Central banks did nothing during the asset price and leveraged credit bubble prior to 2007, because there was almost nothing that they could do. And now there are suggestions that central banks should be made statutorily responsible, at least in the USA and UK, for systemic financial stability. You may have heard the phrase, normally attributed to newspaper magnates, that ‘power without responsibility is the prerogative of the harlot’. Well, ‘responsibility without power is the prerogative of a eunuch’. Not only are our Central Banks currently eunuchs in this case, but the life of a harlot probably involves more fun and better earnings than the life of a eunuch.

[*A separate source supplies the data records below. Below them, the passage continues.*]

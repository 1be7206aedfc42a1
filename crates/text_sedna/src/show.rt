// What reading answers: the refusal, or the message with its fields.
use crate::names::name;
use crate::write;
use sedna::Side;
use sedna_read::{Places, Reading};
use std::io::{self, Write};
use text_lines::names::refused;
use text_lines::parse::SPACE;
use text_lines::print::string;
use wire::{Place, first, part};

pub fn read<W: Write>(to: &mut W, side: Side, bytes: &[u8]) -> io::Result<()> {
    match sedna_read::read(side, bytes) {
        Err(r) => refused(to, r),
        Ok(reading) => message(to, bytes, reading),
    }
}

fn message<W: Write>(to: &mut W, bytes: &[u8], reading: Reading) -> io::Result<()> {
    let instruction = reading.instruction;
    let count = reading.count;
    let name = name(instruction);
    write!(to, "{instruction} {name}, {count} read: ")?;
    fields(to, bytes, reading.places)?;
    to.write_all(if same_again(bytes, reading) {
        b" ; written back: same bytes"
    } else {
        b" ; written back: DIFFERENT"
    })
}

// Whether the writer gives the bytes again, in as many as were read.
fn same_again(bytes: &[u8], reading: Reading) -> bool {
    // An array: no heap, as in the library.
    let mut space = [0u8; SPACE];
    let count = reading.count;
    if SPACE < count {
        return false;
    }
    let out = &mut space[0..count];
    match write::message(out, bytes, reading.instruction, reading.places) {
        Ok(n) => n == count && *out == *first(bytes, n),
        Err(_) => false,
    }
}

fn text<W: Write>(to: &mut W, label: &str, bytes: &[u8], place: Place) -> io::Result<()> {
    write!(to, "{label}")?;
    string(to, part(bytes, place))
}

fn fields<W: Write>(to: &mut W, bytes: &[u8], places: Places) -> io::Result<()> {
    match places {
        Places::Empty => to.write_all(b"empty body"),
        Places::Session {
            major,
            minor,
            user,
            database,
        } => {
            write!(to, "version {major}.{minor}")?;
            text(to, ", user ", bytes, user)?;
            text(to, ", database ", bytes, database)
        }
        Places::Text(place) => text(to, "string ", bytes, place),
        Places::Statement {
            format,
            text: place,
        } => {
            write!(to, "format {format}")?;
            text(to, ", text ", bytes, place)
        }
        Places::Coded { code, text: place } => {
            write!(to, "code {code}")?;
            text(to, ", string ", bytes, place)
        }
        Places::Options { pairs, count } => options(to, bytes, pairs, count),
        Places::Item {
            class,
            kind,
            url,
            part,
        } => {
            write!(to, "class {class}, type {kind}")?;
            address(to, bytes, url)?;
            text(to, ", part ", bytes, part)
        }
    }
}

fn address<W: Write>(to: &mut W, bytes: &[u8], url: Option<Place>) -> io::Result<()> {
    match url {
        Some(place) => text(to, ", URL ", bytes, place),
        None => to.write_all(b", no URL"),
    }
}

fn options<W: Write>(to: &mut W, bytes: &[u8], pairs: Place, count: usize) -> io::Result<()> {
    write!(to, "options {count}")?;
    for k in 0..count {
        match sedna_read::option_at(bytes, pairs, k) {
            Some(option) => {
                let id = option.id;
                write!(to, ", id {id} ")?;
                string(to, part(bytes, option.value))?;
            }
            None => to.write_all(b", MISSING")?,
        }
    }
    Ok(())
}
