// Prints what reading a Sedna message answers, and writes a message that is told by places. No part
// of the library: what programs share.
#![tactic(auto)]

pub mod names;
pub mod show;
pub mod write;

So, what needs to be done to give our central bank some balls? In broad terms capital and liquidity requirements have, somehow, to be made counter-cyclical, and I would add maximum, time-varying, loan-to-value ratios reintroduced. There are four generic counter-arguments against doing all that:-
First, it raises the cost of borrowing in good times, and hurts in particular the first-time buyer in the housing chain then;
Second, if introduced separately in an individual country, it will just drive the business off-shore;
Third, it may greatly increase the informational burden on banks; and
Fourth, by imposing greater costs on commercial banks during expansionary phases, it will even further enhance the incentive to off-load assets onto associated off-balance sheet entities.
These arguments will be deployed; and central banks need to respond robustly. Moreover the penalties for failure to disclose all associated off-balance sheet business entities need to be reinforced.

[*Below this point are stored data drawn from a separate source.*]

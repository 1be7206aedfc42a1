// Writes a message that is told by the places of its fields, through the writer of its shape.
use sedna_read::Places;
use text_lines::parse::SPACE;
use wire::{Place, Refusal, first, part};

// A body has at most 1,137 options.
const MOST: usize = 1200;

pub fn message(
    out: &mut [u8],
    bytes: &[u8],
    instruction: u32,
    places: Places,
) -> Result<usize, Refusal> {
    match places {
        Places::Empty => sedna_write::write_empty(out, instruction),
        Places::Session {
            major,
            minor,
            user,
            database,
        } => {
            let u = part(bytes, user);
            sedna_write::write_session(out, instruction, major, minor, u, part(bytes, database))
        }
        Places::Text(p) => sedna_write::write_text(out, instruction, part(bytes, p)),
        Places::Statement { format, text } => {
            sedna_write::write_statement(out, instruction, format, part(bytes, text))
        }
        Places::Coded { code, text } => {
            sedna_write::write_coded(out, instruction, code, part(bytes, text))
        }
        Places::Options { pairs, count } => options(out, bytes, instruction, pairs, count),
        Places::Item {
            class,
            kind,
            url,
            part: p,
        } => item(out, bytes, instruction, class, kind, url, p),
    }
}

fn item(
    out: &mut [u8],
    bytes: &[u8],
    instruction: u32,
    class: u8,
    kind: u8,
    url: Option<Place>,
    last: Place,
) -> Result<usize, Refusal> {
    let last = part(bytes, last);
    match url {
        Some(url) => {
            sedna_write::write_item_url(out, instruction, class, kind, part(bytes, url), last)
        }
        None => sedna_write::write_item(out, instruction, class, kind, last),
    }
}

// The writer takes options as lists. Where these are too short it is 0 written, which the library
// never answers, and no refusal: those are the library's.
fn options(
    out: &mut [u8],
    bytes: &[u8],
    instruction: u32,
    pairs: Place,
    count: usize,
) -> Result<usize, Refusal> {
    // An array: no heap, as in the library.
    let mut ids = [0u32; MOST];
    let mut lengths = [0usize; MOST];
    let mut values = [0u8; SPACE];
    if MOST < count {
        return Ok(0);
    }
    let mut end = 0;
    for k in 0..count {
        let Some(option) = sedna_read::option_at(bytes, pairs, k) else {
            break;
        };
        let value = part(bytes, option.value);
        ids[k] = option.id;
        lengths[k] = value.len();
        end = append(&mut values, end, value);
    }
    sedna_write::write_options(
        out,
        instruction,
        &ids[0..count],
        &lengths[0..count],
        first(&values, end),
    )
}

// Puts a value behind the first n bytes; answers how many there are then.
fn append(values: &mut [u8], n: usize, value: &[u8]) -> usize {
    if !wire::has_room(values.len(), n, value.len()) {
        return n;
    }
    wire::put_bytes(values, n, value);
    n + value.len()
}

Perhaps the most problematical issue is liquidity, because a central bank, as we have now graphically seen, will lend against almost anything when a real crisis hits. My view is that a central bank cannot possibly commit to stand aside in such a case. But it may be able to commit to vary the rate at which it lends depending on the prior history of liquidity maintenance by each bank. If you add to that a Special Resolution Regime such that banks that find higher priced emergency lending driving them towards insolvency can be taken over quickly enough by the authorities, then maybe we can devise enough carrots and sticks to devise a time-varying liquidity scheme. I have already tried my hand at one such proposal in my paper on ‘Liquidity and Money Market Operations: A Proposal’, available on the Financial Markets Group website at LSE. No doubt that can be much improved. Please do so.
Similarly a time-varying LTV needs to be supported by legal restrictions on second mortgages and home equity loans. Germany, I believe, does this. Should anyone, ever, be able to borrow more than, say, 97% of the current value of a property? If not 97%, what would be your preferred figure? 125% as Northern Rock did? And should appraisers of housing values somehow be made legally responsible, or at the very least independent of mortgage lenders and other interested parties in the deal?

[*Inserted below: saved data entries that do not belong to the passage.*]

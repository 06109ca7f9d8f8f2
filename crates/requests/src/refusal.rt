// Why a request was refused: the refusal of its call, carried whole, with its number, by which it is shown.
ghost use Rattle.std.specs.Prelude.{◌≡◌, Some};
ghost use Rattle.faults.specs.Refusals.{refused_text};
ghost use Rattle.requests.specs.Refusals.{refusal_number};
ghost use Rattle.requests.specs.declared.refusal.Refusal.TheVariants.{Add as OfAdd, Close as OfClose, Merge as OfMerge, Search as OfSearch, Sweep as OfSweep, Take as OfTake};

use history::refusal::{
    AddRefusal, CloseRefusal, MergeRefusal, SearchRefusal, TakeRefusal, VectorRefusal,
};
use std::fmt;

#[derive(Clone, Copy)]
pub enum Refusal {
    Take(TakeRefusal),
    Search(SearchRefusal),
    Close(CloseRefusal),
    Sweep(VectorRefusal),
    Add(AddRefusal),
    Merge(MergeRefusal),
}

impl Refusal {
    // The number of the refusal.
    pub fn number(self) -> u8
        ensures is_the_refusals_number { result ≡ refusal_number self }
    {
        match self {
            Refusal::Take(why) => why.number(),
            Refusal::Search(why) => why.number(),
            Refusal::Close(why) => why.number(),
            Refusal::Sweep(why) => why.number(),
            Refusal::Add(why) => why.number(),
            Refusal::Merge(why) => why.number(),
        }
    }
}

impl fmt::Display for Refusal {
    ghost output = { λ why. Some (refused_text (refusal_number why)) };

    fn fmt<W: fmt::Write>(&self, f: &mut fmt::Formatter<W>) -> fmt::Result {
        let number = self.number();
        write!(f, "refused {number}")
    }
}

impl From<TakeRefusal> for Refusal {
    ghost from_gives = { λ x r. r ≡ OfTake x };

    fn from(why: TakeRefusal) -> Refusal {
        Refusal::Take(why)
    }
}

impl From<SearchRefusal> for Refusal {
    ghost from_gives = { λ x r. r ≡ OfSearch x };

    fn from(why: SearchRefusal) -> Refusal {
        Refusal::Search(why)
    }
}

impl From<CloseRefusal> for Refusal {
    ghost from_gives = { λ x r. r ≡ OfClose x };

    fn from(why: CloseRefusal) -> Refusal {
        Refusal::Close(why)
    }
}

// Of the calls that name a listed vector by its number, only a sweep is a request.
impl From<VectorRefusal> for Refusal {
    ghost from_gives = { λ x r. r ≡ OfSweep x };

    fn from(why: VectorRefusal) -> Refusal {
        Refusal::Sweep(why)
    }
}

impl From<AddRefusal> for Refusal {
    ghost from_gives = { λ x r. r ≡ OfAdd x };

    fn from(why: AddRefusal) -> Refusal {
        Refusal::Add(why)
    }
}

impl From<MergeRefusal> for Refusal {
    ghost from_gives = { λ x r. r ≡ OfMerge x };

    fn from(why: MergeRefusal) -> Refusal {
        Refusal::Merge(why)
    }
}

As you mostly know, Avinash Persaud and I have proposed time-vary CARs based on growth rates of asset prices and bank lending, and we have further work to do on that, to fill in many of the important details.
So let me conclude. What does a Financial Stability Committee need to give it potency? What I believe that it must have is the power to revise liquidity arrangements, capital requirements and LTVs on a time-varying counter-cyclical basis. One of the war-time slogans in the UK was ‘Give us the tools and we will finish the job’. Currently there are no such proper tools; let us construct them.